The answer is the set of lines that include "number", copied from the data below.

[Dataset items]
--------------------------------

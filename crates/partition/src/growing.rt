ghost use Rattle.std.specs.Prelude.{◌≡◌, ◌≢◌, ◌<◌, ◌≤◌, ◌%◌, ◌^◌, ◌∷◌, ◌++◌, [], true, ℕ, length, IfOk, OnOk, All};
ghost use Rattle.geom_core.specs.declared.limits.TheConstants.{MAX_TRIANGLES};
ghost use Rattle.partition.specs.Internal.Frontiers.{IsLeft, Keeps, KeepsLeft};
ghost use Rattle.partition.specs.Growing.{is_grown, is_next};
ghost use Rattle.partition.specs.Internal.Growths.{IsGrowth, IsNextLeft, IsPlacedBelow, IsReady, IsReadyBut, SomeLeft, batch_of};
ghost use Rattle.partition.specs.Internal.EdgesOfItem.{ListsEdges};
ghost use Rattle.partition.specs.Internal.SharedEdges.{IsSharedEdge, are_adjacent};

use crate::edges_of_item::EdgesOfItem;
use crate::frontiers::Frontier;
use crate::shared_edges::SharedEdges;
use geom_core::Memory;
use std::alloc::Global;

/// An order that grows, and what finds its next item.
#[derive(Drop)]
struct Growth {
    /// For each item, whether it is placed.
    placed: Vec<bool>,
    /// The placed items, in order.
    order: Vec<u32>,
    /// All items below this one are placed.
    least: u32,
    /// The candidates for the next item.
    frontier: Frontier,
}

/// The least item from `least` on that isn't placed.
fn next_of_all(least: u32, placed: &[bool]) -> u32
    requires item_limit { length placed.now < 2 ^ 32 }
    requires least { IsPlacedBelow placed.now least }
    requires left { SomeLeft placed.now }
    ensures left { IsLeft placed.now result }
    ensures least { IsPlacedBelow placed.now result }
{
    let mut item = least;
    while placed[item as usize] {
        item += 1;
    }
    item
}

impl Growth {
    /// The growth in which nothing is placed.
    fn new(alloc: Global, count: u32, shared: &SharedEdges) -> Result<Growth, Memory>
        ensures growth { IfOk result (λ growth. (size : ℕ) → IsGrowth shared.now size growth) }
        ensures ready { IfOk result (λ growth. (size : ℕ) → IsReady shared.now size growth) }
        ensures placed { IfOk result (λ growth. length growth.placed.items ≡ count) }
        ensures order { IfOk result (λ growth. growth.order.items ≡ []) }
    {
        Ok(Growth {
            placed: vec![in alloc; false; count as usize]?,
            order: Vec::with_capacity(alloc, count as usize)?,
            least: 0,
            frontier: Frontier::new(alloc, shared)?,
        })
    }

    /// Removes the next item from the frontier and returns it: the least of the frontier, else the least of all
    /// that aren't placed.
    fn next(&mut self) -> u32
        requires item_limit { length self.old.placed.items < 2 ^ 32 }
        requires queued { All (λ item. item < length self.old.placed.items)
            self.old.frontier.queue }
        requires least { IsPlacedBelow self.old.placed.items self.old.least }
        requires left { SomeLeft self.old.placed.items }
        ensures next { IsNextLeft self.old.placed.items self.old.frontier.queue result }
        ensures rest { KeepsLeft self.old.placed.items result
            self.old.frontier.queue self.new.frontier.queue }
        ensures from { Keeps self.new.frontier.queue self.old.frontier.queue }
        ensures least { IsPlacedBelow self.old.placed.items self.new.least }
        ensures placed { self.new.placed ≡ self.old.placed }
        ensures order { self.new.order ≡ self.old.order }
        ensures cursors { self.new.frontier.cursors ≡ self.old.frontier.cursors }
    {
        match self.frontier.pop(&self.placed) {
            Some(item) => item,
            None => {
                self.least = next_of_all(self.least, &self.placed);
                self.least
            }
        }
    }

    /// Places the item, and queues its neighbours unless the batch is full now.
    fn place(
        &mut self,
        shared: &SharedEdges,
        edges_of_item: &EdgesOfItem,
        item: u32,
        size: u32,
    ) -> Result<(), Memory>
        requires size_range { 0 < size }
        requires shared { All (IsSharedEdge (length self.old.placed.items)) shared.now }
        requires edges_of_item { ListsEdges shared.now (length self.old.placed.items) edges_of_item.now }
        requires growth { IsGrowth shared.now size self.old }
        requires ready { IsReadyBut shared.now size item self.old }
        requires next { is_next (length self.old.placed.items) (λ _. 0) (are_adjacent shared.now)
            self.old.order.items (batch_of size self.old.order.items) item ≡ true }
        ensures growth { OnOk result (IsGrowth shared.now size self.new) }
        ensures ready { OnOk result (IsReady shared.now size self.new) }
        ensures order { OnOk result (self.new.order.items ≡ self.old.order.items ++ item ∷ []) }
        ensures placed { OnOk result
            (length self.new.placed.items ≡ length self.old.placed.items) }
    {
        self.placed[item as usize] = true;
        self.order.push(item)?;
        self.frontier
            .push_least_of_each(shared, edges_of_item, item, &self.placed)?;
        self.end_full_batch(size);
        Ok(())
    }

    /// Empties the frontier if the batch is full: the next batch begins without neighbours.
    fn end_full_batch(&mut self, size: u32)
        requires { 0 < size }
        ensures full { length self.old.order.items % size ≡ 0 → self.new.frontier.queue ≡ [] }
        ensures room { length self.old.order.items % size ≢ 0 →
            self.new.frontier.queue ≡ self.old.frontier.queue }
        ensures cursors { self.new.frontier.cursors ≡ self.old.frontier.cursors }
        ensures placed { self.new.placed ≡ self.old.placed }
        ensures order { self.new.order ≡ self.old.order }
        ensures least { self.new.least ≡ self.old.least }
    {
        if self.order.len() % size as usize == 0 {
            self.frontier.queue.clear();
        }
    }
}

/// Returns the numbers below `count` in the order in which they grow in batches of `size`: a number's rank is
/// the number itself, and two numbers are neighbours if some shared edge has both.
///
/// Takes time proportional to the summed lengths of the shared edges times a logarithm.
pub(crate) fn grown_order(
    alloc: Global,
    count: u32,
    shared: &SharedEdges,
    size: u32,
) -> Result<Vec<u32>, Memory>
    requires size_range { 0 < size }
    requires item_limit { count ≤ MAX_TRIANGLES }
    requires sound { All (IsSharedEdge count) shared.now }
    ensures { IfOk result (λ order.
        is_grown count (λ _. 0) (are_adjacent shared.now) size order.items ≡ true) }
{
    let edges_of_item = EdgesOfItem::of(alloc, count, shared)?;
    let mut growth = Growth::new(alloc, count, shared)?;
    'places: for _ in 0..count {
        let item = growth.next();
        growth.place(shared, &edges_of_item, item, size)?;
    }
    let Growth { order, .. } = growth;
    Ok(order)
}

--------------------------------

§ **Exercise response**
/// Returns the numbers below `count` in the order in which they grow in batches of `size`: a number's rank is
/// the number itself, and two numbers are neighbours if some shared edge has both.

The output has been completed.